From March 2020, deterioration was initially steeper in the US, with credit risk rising by 60% by October 2020. UK credit risk also rose sharply over the same period, with a 40% increase over the same period.

Since then, the US has shown an erratic but generally positive trend (despite a sharp blip down in May 2021). The UK clearly saw a short-lived benefit from the “Eat Out to Help Out’ campaign in Q4 2020, but it has been in steady decline since the start of 2021. 

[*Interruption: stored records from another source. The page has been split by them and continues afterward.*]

//! Laws of the disk in memory: the functions do nothing, and their contracts are the laws.
ghost use Rattle.std.specs.Prelude.{◌≡◌, ◌∷◌, [], ℕ, Option, Some, None, Result, Err, false};
ghost use Rattle.std.specs.Global.{Vec};
ghost use Rattle.qq_disk.specs.declared.fault.DiskFault.{DiskFault};
ghost use Rattle.qq_disk.specs.declared.fault.DiskFault.TheVariants.{Failed};
ghost use Rattle.qq_disk.specs.declared.image.Image.{Image};
ghost use Rattle.qq_disk.specs.declared.name.FileName.{FileName};
ghost use Rattle.qq_disk.specs.Crash.{reopen};
ghost use Rattle.qq_disk.specs.Disk.{Disk};
ghost use Rattle.qq_disk.specs.Image.{IsNewestLog, image_of};
ghost use Rattle.qq_mem_disk.specs.declared.counter.Counter.{Counter};
ghost use Rattle.qq_mem_disk.specs.Counter.{Counts, IsFresh, count_call, will_fail};
ghost use Rattle.qq_mem_disk.specs.Crashed.{IsCrash};

/// A crash leaves the image that is named, by the word for whichever log file is the newest, and all that is
/// left is kept.
pub fn a_crash_in_memory_leaves_the_named_image()
    ensures { (image : Image) (old new : Disk) (newest : Option FileName) →
        IsCrash image old new → IsNewestLog old image.removed_back newest →
        new ≡ reopen (image_of image newest old) }
{}

/// A new disk has counted no call and no fault, and its first call doesn't fail: that is then the one call
/// that is counted.
pub fn a_new_disk_in_memory_counts_from_nothing()
    ensures calls { (c : Counter) → IsFresh c → (count_call c).calls ≡ 1 }
    ensures faults { (c : Counter) → IsFresh c → (count_call c).faults ≡ 0 }
    ensures works { (c : Counter) → IsFresh c → will_fail c ≡ false }
{}

/// A disk in memory fails the calls whose numbers are listed, from 1, and all calls from the end of a fuse on. It
/// counts its calls and its failures.
///
/// - `first`, `second`: where the second call alone is listed, the first one hasn't failed and the second has.
/// - `fuse`: where one call may pass, that one hasn't failed, and the next has.
pub fn listed_calls_of_a_disk_fail()
    ensures first { (fails : Vec ℕ) (new : Counter) (result : Result ℕ DiskFault) →
        fails.items ≡ 2 ∷ [] →
        Counts (record { calls = 0; faults = 0; fails = fails; fuse = None }) new result →
        (new.calls ≡ 1) × (new.faults ≡ 0) × (result ≡ Err Failed → ⊥) }
    ensures second { (fails : Vec ℕ) (mid new : Counter) (first second : Result ℕ DiskFault) →
        fails.items ≡ 2 ∷ [] →
        Counts (record { calls = 0; faults = 0; fails = fails; fuse = None }) mid first →
        Counts mid new second →
        (new.calls ≡ 2) × (new.faults ≡ 1) × (second ≡ Err Failed) }
    ensures fuse { (fails : Vec ℕ) (mid new : Counter) (first second : Result ℕ DiskFault) →
        fails.items ≡ [] →
        Counts (record { calls = 0; faults = 0; fails = fails; fuse = Some 1 }) mid first →
        Counts mid new second →
        (first ≡ Err Failed → ⊥) × (new.faults ≡ 1) × (second ≡ Err Failed) }
{}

The two sectors have now almost reversed positions since October 2020, with UK risk up 60% since the initial COVID outbreak while the US has recovered about a third of its initial deterioration.

These trends are reflected in the pattern of upgrades and downgrades for the Restaurants and Bars sector in the two countries.  Figure 2 breaks the pandemic period into the 6 months to August 2020 and the following 12 months to August 2021 [please continue below to access full report].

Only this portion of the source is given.